Impeachment Support Continues to Grow Among House Democrats—Even in Swing Districts
House Speaker Nancy Pelosi continues to make her stance clear: now is not the time for an impeachment inquiry into the president of the United States.
Still, calls from House Democrats to initiate the process continue to mount, with at least eight members in the past week joining more than 60 of their colleagues in stating they now think the chamber should move forward with impeachment proceedings. And such a stance is beginning to gain momentum not only among Democrats in solid blue districts—but in swing districts, too, including representatives who the party has even classified as vulnerable in 2020.
Illinois Representative Sean Casten, a freshman, was one of the latest Democrats to announce his support Wednesday for an impeachment inquiry into President Donald Trump.
"I think that our leadership has done a good job," he told the Chicago Sun-Times. "But instituting the impeachment inquiry will actually enable us to get more information, more documents."
Casten marks the third freshman House Democrat to support an impeachment inquiry who is on the Democratic Congressional Campaign Committee's "Frontline" list, home to 44 Democrats—almost all of them freshmen—who the fundraising arm of the Democratic Party believe to be the most vulnerable to losing their seats. All three of them—Casten, Katie Porter of California and Tom Malinowski of New Jersey—flipped Republican-held districts last year.
The move by the vulnerable Democrats who support divided districts to come out in support of impeachment proceedings potentially puts themselves and Democrats' House majority at risk come 2020, and it's a stance that has concerned leadership members.

Asked whether it could cost him his seat next year, Casten responded to the Chicago Sun-Times: "I don't know."
Porter announced her support for an impeachment inquiry on Monday, arguing it was about "whether we choose to fight against" a "crisis within our midst."
"I didn't come to Congress to impeach the president," she said in a video. "But when faced with crisis of this magnitude, I cannot, with a clean conscience, ignore my duty to defend the constitution... [Mueller] presented extensive evidence of obstruction of justice."
Malinowski said last month that he also supports an impeachment inquiry, citing to NBC News what he viewed as "across-the-board defiance of congressional oversight and the rule of law by the administration."
In the past week, Representatives Eric Swalwell and Tony Cardenas of California, Brian Higgins and Carolyn Maloney of New York, Jan Schakowsky of Illinois and Dan Kildee of Michigan also joined the impeachment inquiry ranks.
Schakowsky, a member of House leadership as a senior chief deputy whip, made her announcement Wednesday night in a video.
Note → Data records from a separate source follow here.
//! What comes next behind rows, in words.

ghost use Rattle.std.specs.Prelude.{◌≡◌, ◌++◌, OnOk, codes, length, min, slice_get, string_bytes};
ghost use Rattle.std.specs.Fmt.{decimal};
ghost use Rattle.gob_explain.specs.Awaited.{awaited_text, basic_text, deltas_text, kind_text};
ghost use Rattle.gob_explain.specs.Names.{field_name};

use crate::row::{Awaited, What};
use crate::text::names::push_name;
use gob_types::{Basic, Fields, Kind, Shapes};
use std::alloc::{AllocError, Global};

// So many fields are named at most.
const NAMED: u64 = 8;

/// Puts behind the text what comes next: `0, which ends the struct, 1 for Y`. Names of fields are those of the table,
/// with no character that a terminal obeys.
pub fn push_expected<S: Shapes>(
    alloc: Global,
    shapes: &S,
    awaited: &Awaited,
    out: &mut String,
) -> Result<(), AllocError>
    ensures { OnOk result
        (string_bytes out.new ≡ string_bytes out.old ++ awaited_text (S.table shapes.now) awaited.now) }
{
    match awaited.what {
        What::Tag => out.push_str("the tag, which is 0"),
        What::Imaginary => out.push_str("the imaginary part of a complex"),
        What::Raw => write!(out, "{} bytes", awaited.most),
        What::TypeNumber => out.push_str("a type number"),
        What::Segment => out.push_str("the count of a segment"),
        What::First | What::Delta => match shapes.shape_of(awaited.id) {
            Some(shape) => push_first(alloc, &shape.kind, awaited.most, out),
            None => Ok(()),
        },
    }
}

fn push_first(alloc: Global, kind: &Kind, most: u64, out: &mut String) -> Result<(), AllocError>
    ensures { OnOk result (string_bytes out.new ≡ string_bytes out.old ++ kind_text kind.now most) }
{
    match kind {
        Kind::Basic(basic) => out.push_str(basic_words(*basic)),
        Kind::Array { len, .. } => write!(out, "{len}, the count of the elements"),
        Kind::Slice { .. } => out.push_str("the count of the elements"),
        Kind::Map { .. } => out.push_str("the count of the pairs"),
        Kind::Opaque(_) => out.push_str("the count of the bytes"),
        Kind::Struct { fields } => push_fields(alloc, fields, most, out),
    }
}

fn basic_words(basic: Basic) -> &'static str
    ensures { result.now ≡ basic_text basic }
{
    match basic {
        Basic::Bool => "a bool, 0 or 1",
        Basic::Int => "an int",
        Basic::Uint => "a uint",
        Basic::Float => "a float",
        Basic::Complex => "the real part of a complex",
        Basic::Bytes | Basic::Str => "the count of the bytes",
        Basic::Interface => "0, an interface that is nil, or the count of a name",
    }
}

// The deltas that may come in a struct, of which the greatest is `most`.
fn push_fields(
    alloc: Global,
    fields: &Fields,
    most: u64,
    out: &mut String,
) -> Result<(), AllocError>
    ensures { OnOk result
        (string_bytes out.new ≡ string_bytes out.old ++ deltas_text fields.now (min most (length fields.now))) }
{
    out.push_str("0, which ends the struct")?;
    let count = fields.count();
    let left = most.min(count);
    let next = count - left;
    'deltas: for index in 0..left.min(NAMED) {
        push_delta(alloc, fields, next + index, index + 1, out)?;
    }
    if left > NAMED {
        out.push_str(" ..")?;
    }
    Ok(())
}

// A delta, and the name of the field of this number, to which it leads.
fn push_delta(
    alloc: Global,
    fields: &Fields,
    number: u64,
    delta: u64,
    out: &mut String,
) -> Result<(), AllocError>
    ensures { OnOk result (string_bytes out.new ≡ string_bytes out.old ++ (codes ", " ++ (decimal delta
        ++ (codes " for " ++ field_name (slice_get fields.now number))))) }
{
    write!(out, ", {delta} for ")?;
    match fields.get(number) {
        Some(field) => push_name(alloc, field.name.as_bytes(), out),
        None => Ok(()),
    }
}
She, like many of her colleagues, highlighted the potential obstruction of justice incidences detailed in the Mueller report and the Trump administration's continued lack of cooperation with congressional investigations as her deciding factors.
And while she believed leadership "has done a good job," Schakowsky said an impeachment inquiry would give Congress more power to obtain requested documents and witness testimonies—an argument that many inquiry-supporters make.
Pelosi continued to say Wednesday while speaking with reporters at a breakfast hosted by the Christian Science Monitor that despite the growing impeachment calls, she does not "feel pressure from my members to do anything, and I have no pressure on them to do anything."
She objected to censuring the president, saying such a process would be "a day at the beach for the president, or at his golf club, or wherever he goes."
"No. I think censure is just a way out," the California Democrat said. "If you're going to go, you've got to go. In other words, if the goods are there, you must impeach, and censure is nice, but it is not commensurate with the violations of the Constitution, should we decide that's the way to go."
But she continued to make her opposition to impeachment proceedings known, pointing to the lack of support for such a process in the Republican-controlled Senate. An exoneration by that chamber, she said, would be viewed as a victory by Trump.
"I don't think you should have an inquiry unless you're ready to impeach," Pelosi said. "What I believe is that when we go forward, if we go forward, it has to go deep. It can't be the Democrats impeach in the House; the Senate, in his view, exonerates... This president must be held accountable."
This story was updated to include Representative Tony Cardenas as a member who supports an impeachment inquiry after the California Democrat released a statement.